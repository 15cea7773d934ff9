//! Rules as clauses of a formula.
ghost use Rattle.std.specs.Prelude.{◌≡◌, ◌<◌, ◌++◌, ◌∷◌, [], length, map, flat_map, get_or, OnOk};
ghost use Rattle.std.specs.List.{AllByRecursion};
ghost use Rattle.bt_facts.specs.Drafts.{rule_of};
ghost use Rattle.bt_place.specs.Numbering as numbering;
ghost use Rattle.bt_place.specs.PlaceFormula.{clause_of};
ghost use Rattle.bt_place.specs.Within.{IsNumbered, HasNumbered};
ghost use Rattle.bt_place.specs.inner.Writing.{HasVariables, with_rules, given_literal, following_literal};

use crate::numbering::Numbers;
use bt_arena::Pool;
use bt_cnf::{Formula, Lit, Var};
use bt_facts::{Draft, Drafted, Fact, RuleFact};
use std::alloc::{AllocError, Global};

/// The variable of a fact.
fn var_of(formula: &Formula, numbers: &Numbers, fact: Fact) -> Var
    requires within { IsNumbered numbers.now fact }
    requires vars { HasVariables numbers.now formula.now.vars }
    ensures { result ≡ numbering.variable_of numbers.now fact }
{
    match formula.var_at(numbers.variable(fact)) {
        Some(var) => var,
        None => unreachable!(),
    }
}

/// Adds the literal that a claim doesn't hold, where the claim is one of those that are given.
fn push_given(
    lits: &mut Vec<Lit>,
    formula: &Formula,
    numbers: &Numbers,
    claim: RuleFact,
) -> Result<(), AllocError>
    requires within { IsNumbered numbers.now claim.fact }
    requires vars { HasVariables numbers.now formula.now.vars }
    ensures { OnOk result (lits.new.items ≡ lits.old.items ++ given_literal numbers.now claim) }
{
    if claim.follows {
        return Ok(());
    }
    lits.push(Lit {
        var: var_of(formula, numbers, claim.fact),
        positive: false,
    })?;
    Ok(())
}

/// Adds the literal that a claim holds, where the claim is one of those of which one follows.
fn push_following(
    lits: &mut Vec<Lit>,
    formula: &Formula,
    numbers: &Numbers,
    claim: RuleFact,
) -> Result<(), AllocError>
    requires within { IsNumbered numbers.now claim.fact }
    requires vars { HasVariables numbers.now formula.now.vars }
    ensures { OnOk result (lits.new.items ≡ lits.old.items ++ following_literal numbers.now claim) }
{
    if !claim.follows {
        return Ok(());
    }
    lits.push(Lit {
        var: var_of(formula, numbers, claim.fact),
        positive: true,
    })?;
    Ok(())
}

/// Adds for each claim that is given the literal that it doesn't hold.
fn push_all_given(
    lits: &mut Vec<Lit>,
    formula: &Formula,
    numbers: &Numbers,
    claims: &[RuleFact],
) -> Result<(), AllocError>
    requires within { AllByRecursion (λ c. IsNumbered numbers.now c.fact) claims.now }
    requires vars { HasVariables numbers.now formula.now.vars }
    ensures { OnOk result (lits.new.items ≡ lits.old.items
        ++ flat_map (given_literal numbers.now) claims.now) }
{
    for claim in claims {
        push_given(lits, formula, numbers, *claim)?;
    }
    Ok(())
}

/// Adds for each claim of those of which one follows the literal that it holds.
fn push_all_following(
    lits: &mut Vec<Lit>,
    formula: &Formula,
    numbers: &Numbers,
    claims: &[RuleFact],
) -> Result<(), AllocError>
    requires within { AllByRecursion (λ c. IsNumbered numbers.now c.fact) claims.now }
    requires vars { HasVariables numbers.now formula.now.vars }
    ensures { OnOk result (lits.new.items ≡ lits.old.items
        ++ flat_map (following_literal numbers.now) claims.now) }
{
    for claim in claims {
        push_following(lits, formula, numbers, *claim)?;
    }
    Ok(())
}

/// Replaces the list by the literals of a rule's clause: some given claim doesn't hold, or one that follows does.
fn set_literals(
    lits: &mut Vec<Lit>,
    formula: &Formula,
    numbers: &Numbers,
    claims: &[RuleFact],
) -> Result<(), AllocError>
    requires within { HasNumbered numbers.now (rule_of claims.now) }
    requires vars { HasVariables numbers.now formula.now.vars }
    ensures { OnOk result (lits.new.items ≡ clause_of numbers.now (rule_of claims.now)) }
{
    lits.clear();
    push_all_given(lits, formula, numbers, claims)?;
    push_all_following(lits, formula, numbers, claims)?;
    Ok(())
}

/// Adds the clause of a rule, by way of a list of literals whose room is used again.
fn write_rule(
    lits: &mut Vec<Lit>,
    formula: &mut Formula,
    numbers: &Numbers,
    claims: &[RuleFact],
) -> Result<(), AllocError>
    requires within { HasNumbered numbers.now (rule_of claims.now) }
    requires vars { HasVariables numbers.now formula.old.vars }
    ensures { OnOk result (formula.new ≡ with_rules numbers.now formula.old (rule_of claims.now ∷ [])) }
{
    set_literals(lits, formula, numbers, claims)?;
    formula.add_clause(lits)?;
    Ok(())
}

/// Adds the clause of the rule at a place.
fn write_at(
    lits: &mut Vec<Lit>,
    formula: &mut Formula,
    numbers: &Numbers,
    rules: &Pool<RuleFact, Drafted>,
    place: usize,
) -> Result<(), AllocError>
    requires place { place < length rules.now }
    requires within { AllByRecursion (HasNumbered numbers.now) (map rule_of rules.now) }
    requires vars { HasVariables numbers.now formula.old.vars }
    ensures { OnOk result (formula.new ≡ with_rules numbers.now formula.old
        (rule_of (get_or rules.now place []) ∷ [])) }
{
    let Some(id) = rules.id_at(place) else {
        unreachable!()
    };
    write_rule(lits, formula, numbers, rules.slice(id))?;
    Ok(())
}

/// Adds the clauses of the rules.
fn write_rules(
    alloc: Global,
    formula: &mut Formula,
    numbers: &Numbers,
    rules: &Pool<RuleFact, Drafted>,
) -> Result<(), AllocError>
    requires within { AllByRecursion (HasNumbered numbers.now) (map rule_of rules.now) }
    requires vars { HasVariables numbers.now formula.old.vars }
    ensures { OnOk result (formula.new ≡ with_rules numbers.now formula.old (map rule_of rules.now)) }
{
    let mut lits = Vec::new(alloc);
    for place in 0..rules.len() {
        write_at(&mut lits, formula, numbers, rules, place)?;
    }
    Ok(())
}

/// Adds the clauses of the rules that are drawn up.
pub fn write(
    alloc: Global,
    formula: &mut Formula,
    numbers: &Numbers,
    draft: &Draft,
) -> Result<(), AllocError>
    requires within { AllByRecursion (HasNumbered numbers.now) draft.now }
    requires vars { HasVariables numbers.now formula.old.vars }
    ensures { OnOk result (formula.new ≡ with_rules numbers.now formula.old draft.now) }
{
    write_rules(alloc, formula, numbers, draft.rules())
}
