//! What a cell holds, and which chains of parts come there and leave it.
use bt_parts::{Dir, Kind, Part};

/// The number of a chain: the way from a splitter or an input to a splitter or an output.
pub type Chain = usize;

/// What stands on a cell.
#[derive(Clone, Copy, PartialEq, Eq)]
pub enum Piece {
    Empty,
    Belt(Dir),
    Entrance(Dir),
    Exit(Dir),
    /// The half of a splitter further to the west or the north.
    Lesser(Dir),
    /// The other half.
    Greater(Dir),
}

/// A cell.
#[derive(Clone, Copy)]
pub struct Tile {
    pub piece: Piece,
    /// The splitter of which a half stands here.
    pub splitter: Option<usize>,
    /// The chain that leaves here, above the ground or downwards.
    pub goes: Option<Chain>,
    /// The chain that comes from a neighbour above the ground, and the direction in which it comes.
    pub comes: Option<Chain>,
    pub from: Option<Dir>,
    /// The chains that come below the ground, by the directions in which they move.
    pub below: Below,
    /// Whether an input or an output of the network is here.
    pub is_end: bool,
}

/// For each direction the chain that moves so below the ground.
#[derive(Clone, Copy)]
pub struct Below {
    pub north: Option<Chain>,
    pub east: Option<Chain>,
    pub south: Option<Chain>,
    pub west: Option<Chain>,
}

impl Below {
    /// The chain that moves in a direction.
    pub fn get(self, dir: Dir) -> Option<Chain> {
        match dir {
            Dir::North => self.north,
            Dir::East => self.east,
            Dir::South => self.south,
            Dir::West => self.west,
        }
    }

    /// Notes the chain, or none, that moves in a direction.
    pub fn put(&mut self, dir: Dir, chain: Option<Chain>) {
        match dir {
            Dir::North => self.north = chain,
            Dir::East => self.east = chain,
            Dir::South => self.south = chain,
            Dir::West => self.west = chain,
        }
    }
}

/// A cell without parts, below which nothing moves.
pub const BARE: Tile = Tile {
    piece: Piece::Empty,
    splitter: None,
    goes: None,
    comes: None,
    from: None,
    below: Below {
        north: None,
        east: None,
        south: None,
        west: None,
    },
    is_end: false,
};

impl Piece {
    /// What the own cell of a part holds: of a splitter the lesser half.
    pub fn of(part: &Part) -> Piece {
        match part.kind {
            Kind::Belt => Piece::Belt(part.dir),
            Kind::Entrance => Piece::Entrance(part.dir),
            Kind::Exit => Piece::Exit(part.dir),
            Kind::Splitter => Piece::Lesser(part.dir),
        }
    }

    /// The direction in which the piece hands on above the ground; none for an entrance and an empty cell.
    pub fn hands(self) -> Option<Dir> {
        match self {
            Piece::Belt(dir) | Piece::Exit(dir) | Piece::Lesser(dir) | Piece::Greater(dir) => Some(
                dir,
            ),
            Piece::Empty | Piece::Entrance(_) => None,
        }
    }

    /// Whether the piece takes what comes above the ground and moves in a direction.
    pub fn takes(self, coming: Dir) -> bool {
        match self {
            Piece::Belt(dir) => dir != coming.opposite(),
            Piece::Entrance(dir) | Piece::Lesser(dir) | Piece::Greater(dir) => dir == coming,
            Piece::Empty | Piece::Exit(_) => false,
        }
    }

    /// Whether the piece is a half of a splitter.
    pub fn is_half(self) -> bool {
        match self {
            Piece::Lesser(_) | Piece::Greater(_) => true,
            _ => false,
        }
    }

    /// The kind and the direction of the part whose own cell this is; none for an empty cell and the greater half of a
    /// splitter.
    pub fn kind(self) -> Option<(Kind, Dir)> {
        match self {
            Piece::Belt(dir) => Some((Kind::Belt, dir)),
            Piece::Entrance(dir) => Some((Kind::Entrance, dir)),
            Piece::Exit(dir) => Some((Kind::Exit, dir)),
            Piece::Lesser(dir) => Some((Kind::Splitter, dir)),
            Piece::Greater(_) | Piece::Empty => None,
        }
    }
}

impl Tile {
    /// The chain that leaves in a direction above the ground.
    pub fn out(self, dir: Dir) -> Option<Chain> {
        if self.piece.hands() == Some(dir) {
            self.goes
        } else {
            None
        }
    }

    /// The chain that comes in a direction above the ground.
    pub fn into(self, dir: Dir) -> Option<Chain> {
        if self.from == Some(dir) {
            self.comes
        } else {
            None
        }
    }

    /// The chain that leaves in a direction below the ground.
    pub fn down(self, dir: Dir) -> Option<Chain> {
        match self.piece {
            Piece::Entrance(own) if own == dir => self.goes,
            Piece::Exit(own) if own == dir => None,
            _ => self.below.get(dir),
        }
    }
}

▶ _Task objective_
Going down the listing above, begin printing at the line with "lits.old.items ++ following_literal" and finish with the line with "it doesn't hold.", exactly as they appear.

▶ _Finished task_
    ensures { OnOk result (lits.new.items ≡ lits.old.items ++ following_literal numbers.now claim) }
{
    if !claim.follows {
        return Ok(());
    }
    lits.push(Lit {
        var: var_of(formula, numbers, claim.fact),
        positive: true,
    })?;
    Ok(())
}

/// Adds for each claim that is given the literal that it doesn't hold.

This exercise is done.